But i was surpised at how green it was... it looks like a gaint moss ball! which it is.. but the real moss ball is next to it. 

I may keep a few of the java ferns that are sprouting on it though


----------



## Ursus sapien (Apr 21, 2010)

that'll make a nice het habitat as it fills in.


----------



## curtisonrad19 (Oct 31, 2010)

Mmmhm!  
I am pretty excited!


----------



## Emily (May 4, 2010)

Curtis... I think you need to post new pictures


----------



## curtisonrad19 (Oct 31, 2010)

Alright! here is a bit of an update! 
So, I got my driftwood in and what not( please ignore the ugly elasticbands, i have no thread or anything... so they will have to do for the moment)

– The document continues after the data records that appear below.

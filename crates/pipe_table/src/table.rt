//! The table of pipes by number: arrivals, finishes, exits and commands.

ghost use Rattle.std.specs.Prelude.{◌≡◌, ◌≢◌, ℕ, ◌+◌, ◌*◌, ◌<◌, ◌≤◌, ◌↔◌, [], Some, None, option_map, option_and_then, unwrap_or, position, is_some, IsSome, IsTrue, OnSome, OnOk, OnErr, IsOk, IfOk, MatchResult, Err, length, slice_get, vec_capacity};
ghost use Rattle.std.specs.List.{position_or_len};
ghost use Rattle.std.specs.Option.{option_map_or};
ghost use Rattle.emu_model.specs.FlowIds.{flow_id, same_flow};
ghost use Rattle.emu_model.specs.Moments.{IsMoment};
ghost use Rattle.emu_model.specs.declared.commands.EventContext.{EventContext};
ghost use Rattle.emu_model.specs.Net.{Net, find_pipe, note, note_drops, enter_pipe};
ghost use Rattle.emu_model.specs.declared.records.Record.TheVariants.{PacketFinished};
ghost use Rattle.emu_model.specs.Commands.{config_refusal, configure, new_pipe, new_pipe_refusal, delete_pipe};
ghost use Rattle.emu_model.specs.Events.{flying_in, leave_pipe_some, pipe_exits, pipe_finishes};
ghost use Rattle.packet_store.specs.Pocket.{Pocket, OthersStay, AllStay};
ghost use Rattle.pipe_core.specs.Keyed.{KeyedPipe, ids_of};
ghost use Rattle.pipe_core.specs.Moves.{AreNamed, Keeps};
ghost use Rattle.pipe_core.specs.Steps.{drops_of, drops_by_codel};
ghost use Rattle.pipe_table.specs.Table.{with_pipes, pipe_keys, pipe_of, has_number, HasRoomIn, HasGrown, IsFinishing, is_above, drops_by_deletion, refusal_in};
ghost use Rattle.pipe_table.specs.Places.{StandsAt, IsInside, IsRouted, HasRoomAtPlace, HasLineRoomIn, IsFreeIn, IsPlainIn, KeepsPlaces};

use crate::dues::index_all;
use crate::places::lead_all;
use due_index::{DueIndex, NumberTable};
use emu_model::{DropCause, Packet, PipeConfig, PipeNumber, Refusal, Size};
use packet_store::{Owner, Shelf};
use pipe_core::{NO_INSTANCE, Pipe, laws};
use std::alloc::{AllocError, Global};
use std::marker::Model;

/// The pipes of an experiment with one seed, by number.
#[derive(Drop)]
pub struct PipeTable {
    alloc: Global,
    seed: u64,
    pub(crate) pipes: Vec<Pipe>,
    pub(crate) dues: DueIndex,
    // The place of each number that a pipe has or had, even if the pipe was deleted.
    places: NumberTable,
}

I would like to say a big thank you to Kanesska for all the plant clippings (basicly all my plants are from her), The hornwart, moneywort, the one in the background(forget the name), and the big leaf one on my driftwood 

I was very surprised at the root growth when i moved my plants around. 

Oh! almost forgot, 
I added a DIY C02 system, it is currently the yeast, baking soda, and sugar kind... I am planning on doing the Jello method in the new year though.

As a side note, I am looking for Dark green shrimp for the new year and would be willing to have them shipped here. ( i have a thread in the classifieds). Pm me if you have some available! =]

Thank you for looking! and if you have any suggestions, i would love to hear them!


----------



## Kanesska (Oct 7, 2010)

your welcome for the plants  And welcome to more  lol 

The hitchhikers (other than the red ramshorns) Werent on my plants were they? I didn't notice any but now I'm going to have to take a closer look 

Your tank looks great tho!! 

Oh, also, Are you still looking for Cherries? I have ... a few (many)... to spare


----------



## curtisonrad19 (Oct 31, 2010)

Lol thanks! 
And nah, they were from the local pet store. Other then the odd twiching worm swimming through the water, they are all gone. (I think the twiching worm will become a quick snack for the future hets 

I will be putting cherries in, I plan ongetting some from home. Gonna bring my biggest and reddest!  Perhaps we can trade a few though... i assume mine have just been interbreeding.

And thank you!


----------



## Kanesska (Oct 7, 2010)

Sounds good to me


----------



## curtisonrad19 (Oct 31, 2010)

Hey everyone! Here is a bit of an update on my little 5 gallon!
I have added 4 cheeries and some flame moss ( Thank you to Kanesska once again!)
I have also changed my mind on getting hets to getting a few Celestial Pearl Danios =]

Once again, i would love to hear any comments or advise about the tank! 
Thank you for looking


----------



## Emily (May 4, 2010)

Looking great  though the pictures really don't do it justice! Much better in person


----------



## Ursus sapien (Apr 21, 2010)

cool. coming along nicely


----------



## curtisonrad19 (Oct 31, 2010)

> cool. coming along nicely





> Looking great though the pictures really don't do it justice! Much better in person


Thank you both!


----------